— What you should do —
I'd like every line from the material below that has "Created" in it.

*** Begin section ***

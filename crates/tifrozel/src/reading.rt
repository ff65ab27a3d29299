// The commands that read an entry: `show`, `fetch` and `plain`.
ghost use Rattle.std.specs.Prelude.{◌≡◌, true, is_ok, IfOk, OnOk, MatchResult, Ok, Err};
ghost use Rattle.filing.specs.Volumes.{entries_of};
ghost use Rattle.volume.specs.Taking.{fetched};
ghost use Rattle.tifrozel.specs.Commands.{entry_rows, entry_copy};
ghost use Rattle.tifrozel.specs.Editions.{meant};

use crate::answers::{Done, bytes, not_run, refused, rows, say};
use crate::disk::{Created, create};
use crate::lines::{RecordLine, RowLine};
use crate::requests::EntryAsked;
use archive::Archive;
use field::ReferenceForm;
use filing::VolumeFault;
use record::{Edition, Row};
use shelf::Shelf;
use std::alloc::{AllocError, Global};

const NO_ROW: Row = Row {
    number: 0,
    code: 0,
    party: 0,
    money: 0,
    serial: 0,
    reference: ReferenceForm::Absent,
};

// The rows of an entry, from a table with a row for each of its records. It is not inlined, so that bench/ can count it by itself.
#[inline(never)]
fn entry_rows<S: Shelf + Drop, E: Edition>(
    heap: Global,
    archive: &Archive<S>,
    entry: usize,
    edition: &E,
) -> Result<Result<Vec<Row>, VolumeFault>, AllocError>
    ensures { IfOk result (λ answer. MatchResult answer (λ rows. entry_rows (E.meaning edition.now) entry (entries_of (S.records archive.now.shelf)) ≡ Ok rows.items) (λ fault. entry_rows (E.meaning edition.now) entry (entries_of (S.records archive.now.shelf)) ≡ Err fault)) }
{
    let many = archive.records_of(entry).unwrap_or(0);
    let mut table = vec![in heap; NO_ROW; many]?;
    match archive.show(entry, edition, &mut table) {
        Ok(filled) => {
            table.truncate(filled);
            Ok(Ok(table))
        }
        Err(fault) => Ok(Err(fault)),
    }
}

// The bytes of an entry's plain copy, from a buffer with a line for each of its records. It is not inlined, so that bench/ can count
// it by itself.
#[inline(never)]
fn entry_copy<S: Shelf + Drop, E: Edition>(
    heap: Global,
    archive: &Archive<S>,
    entry: usize,
    edition: &E,
) -> Result<Result<Vec<u8>, VolumeFault>, AllocError>
    ensures { IfOk result (λ answer. MatchResult answer (λ bytes. entry_copy (E.meaning edition.now) entry (entries_of (S.records archive.now.shelf)) ≡ Ok bytes.items) (λ fault. entry_copy (E.meaning edition.now) entry (entries_of (S.records archive.now.shelf)) ≡ Err fault)) }
{
    let many = archive.records_of(entry).unwrap_or(0);
    let mut buffer = vec![in heap; 0u8; 82 * many]?;
    match archive.plain_copy(entry, edition, &mut buffer) {
        Ok(filled) => {
            buffer.truncate(filled);
            Ok(Ok(buffer))
        }
        Err(fault) => Ok(Err(fault)),
    }
}

// The rows as lines, one for each, in one text.
fn lines_of(heap: Global, rows: &[Row]) -> Result<String, AllocError> {
    let mut lines = String::new(heap);
    for row in rows {
        let row = RowLine(*row);
        let line = format!(in heap; "{row}")?;
        lines.push_str(line.as_str())?;
    }
    Ok(lines)
}

pub fn show<S: Shelf + Drop>(
    rt: &HostRuntime,
    head: &str,
    archive: &Archive<S>,
    asked: EntryAsked,
) -> Done
    ensures { OnOk result (is_ok (entry_rows (meant asked.edition) asked.entry (entries_of (S.records archive.now.shelf))) ≡ true) }
{
    match entry_rows(rt.alloc(), archive, asked.entry, &asked.edition)? {
        Ok(table) => {
            let many = rows(table.len());
            let lines = lines_of(rt.alloc(), &table)?;
            let lines = lines.as_str();
            println!(rt; "{head}: {many}")?;
            print!(rt; "{lines}")?;
            Ok(())
        }
        Err(fault) => refused(rt, head, fault),
    }
}

pub fn fetch<S: Shelf + Drop>(
    rt: &HostRuntime,
    head: &str,
    archive: &Archive<S>,
    entry: usize,
    number: usize,
) -> Done
    ensures { OnOk result (is_ok (fetched entry number (entries_of (S.records archive.now.shelf))) ≡ true) }
{
    let mut record = [0u8; 80];
    if let Err(fault) = archive.fetch(entry, number, &mut record) {
        return refused(rt, head, fault);
    }
    let line = RecordLine(record);
    println!(rt; "{head}:")?;
    print!(rt; "{line}")?;
    Ok(())
}

// Puts the bytes into a new file, and says how many they are. What has the file's name already is left as it is, and told.
fn put_copy(rt: &HostRuntime, head: &str, path: &str, copy: &[u8]) -> Done {
    match create(rt, path, copy) {
        Ok(Created::New) => say(rt, head, bytes(copy.len())),
        Ok(Created::There) => not_run(rt, head, format_args!("{path} is there already")),
        Err(e) => not_run(rt, head, format_args!("cannot write {path}: {e}")),
    }
}

pub fn plain<S: Shelf + Drop>(
    rt: &HostRuntime,
    head: &str,
    archive: &Archive<S>,
    asked: EntryAsked,
    path: &str,
) -> Done
    ensures { OnOk result (is_ok (entry_copy (meant asked.edition) asked.entry (entries_of (S.records archive.now.shelf))) ≡ true) }
{
    match entry_copy(rt.alloc(), archive, asked.entry, &asked.edition)? {
        Ok(copy) => put_copy(rt, head, path, &copy),
        Err(fault) => refused(rt, head, fault),
    }
}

*** End section ***

— Task result —
use crate::disk::{Created, create};
        Ok(Created::New) => say(rt, head, bytes(copy.len())),
        Ok(Created::There) => not_run(rt, head, format_args!("{path} is there already")),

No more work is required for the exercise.